The series of posts Ketogenic Diets for Cancer follows from the experiment.com Effort run by Dr. Eugene J. Fine and myself. The effort is now over and we were most grateful for the support and wished to keep the conversation going. Currently on this site we will attempt to summarize and organize some of the exchanges. We expect the discussion to be broad but the two key papers are Dr. Fine’s pilot study with ten advanced cancer patients which, though a little study, may be the only prospective human study, and a related in vitro research.
Acetoacetate reduces growth and ATP concentration in cancer cell lines that over-express uncoupling protein 2 Cancer Cell Int.
To follow up on the previous post, the potential of the ketogenic diet derives from a change in fundamental outlook from the genetic approach to the metabolic approach. In our original discussion on experiment.com, several people thought that the explanation of the metabolism was overly technical. Here wepresent a simplified variant that may allow easier access to the main ideas.

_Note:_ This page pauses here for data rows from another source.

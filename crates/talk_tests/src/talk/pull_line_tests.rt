//! Command lines of `relay pull`, and what they ask for.
use pull_plan::{PullSettings, WantedTracks};
use relay_command::{Asked, read_words};
use std::alloc::Global;
use std::process::Abort;
use std::test::Fail;

/// Returns what a line asks for. `None` if it is of another command.
fn asked(alloc: Global, line: &str) -> Result<Option<PullSettings>, Fail> {
    let words: Vec<&str> = line.split(' ').collect(alloc)?;
    match read_words(alloc, words.as_slice())? {
        Asked::Pull(settings) => Ok(Some(settings)),
        _ => Ok(None),
    }
}

/// Tracks of both kinds.
const BOTH: WantedTracks = WantedTracks {
    video: true,
    audio: true,
};

#[test]
fn a_line_of_pull_has_its_defaults(rt: HostRuntime) -> Result<(), Fail> {
    let line = "relay pull rtsp://10.0.0.9/cam rtsp://127.0.0.1:8554/door";
    let settings = asked(rt.alloc(), line)?.ok_or("no pull")?;
    assert_eq!(rt; settings.source.as_str(), "rtsp://10.0.0.9/cam");
    assert_eq!(rt; settings.target.as_str(), "rtsp://127.0.0.1:8554/door");
    assert_eq!(rt; settings.tracks, BOTH);
    assert_eq!(rt; settings.silent, 10_000);
    assert_eq!(rt; settings.retry, 1_000);
    assert_eq!(rt; settings.report, None);
    assert!(rt; settings.password_file.is_none());
    assert!(rt; !settings.once && !settings.until_eof && !settings.is_verbose);
    Ok(())
}

#[test]
fn a_pull_does_what_its_line_says(rt: HostRuntime) -> Result<(), Fail> {
    let line =
        "relay pull --once rtsp://h/x --silent 86400 rtsp://h/y --retry 10 --tracks audio --report 1 --password-file f --verbose --until-eof";
    let settings = asked(rt.alloc(), line)?.ok_or("no pull")?;
    assert_eq!(rt; settings.silent, 86_400_000);
    assert_eq!(rt; settings.retry, 10);
    assert!(rt; settings.tracks.audio && !settings.tracks.video);
    assert_eq!(rt; settings.report, Some(1_000));
    assert!(rt; settings.once && settings.until_eof && settings.is_verbose);
    let file = settings.password_file.ok_or("no file")?;
    assert_eq!(rt; file.as_str(), "f");
    Ok(())
}

/// Lines that are refused.
const REFUSED: [&str; 8] = [
    "relay pull",
    "relay pull rtsp://h/x",
    "relay pull rtsp://h/x rtsp://h/y more",
    "relay pull rtsp://h/x rtsp://h/y --silent 0",
    "relay pull rtsp://h/x rtsp://h/y --retry 9",
    "relay pull rtsp://h/x rtsp://h/y --retry 60001",
    "relay pull rtsp://h/x rtsp://h/y --tracks video,meta",
    "relay pull rtsp://h/x rtsp://h/y --report 86401",
];

#[test]
fn a_bad_line_of_pull_is_refused(rt: HostRuntime) -> Result<(), Fail> {
    for line in &REFUSED {
        let words: Vec<&str> = line.split(' ').collect(rt.alloc())?;
        match read_words(rt.alloc(), words.as_slice()) {
            Ok(_) => assert!(rt; false, "{line}"),
            Err(error) => assert_eq!(rt; error.exit_code(), 2, "{line}"),
        }
    }
    Ok(())
}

Energy exchange in biochemistry is represented in the interconversion of these molecules called ADP and ATP, the former the”low energy” form and the latter, the “high energy” form. Essentially, it costs you energy to generate ATP from ADP and, if you have ATP, the energy from going back to ADP can be employed to perform work, usually chemical work, making something fresh like protein or DNA. (The quote marks remind us that the energy is in the reaction not in the molecules as such). In a rough sort of way then the energy charge of the cell is identified with the amount of ATP.
Two big processes, glycolysis and respiration, provide energy as ATP. Glycolysis, common to nearly all living cells, converts glucose into a three carbon compound pyruvic acid (or pyruvate — acids have two different forms and the names are used interchangeably in biochemistry). Glycolysis doesn’t need oxygen and is called anaerobic metabolism. Pyruvate is a key metabolite and can be converted to many substances. Some cells, quickly exercising muscle, red blood cells and some germs are restricted to anaerobic metabolism and the final product from pyruvate is lactate (lactic acid).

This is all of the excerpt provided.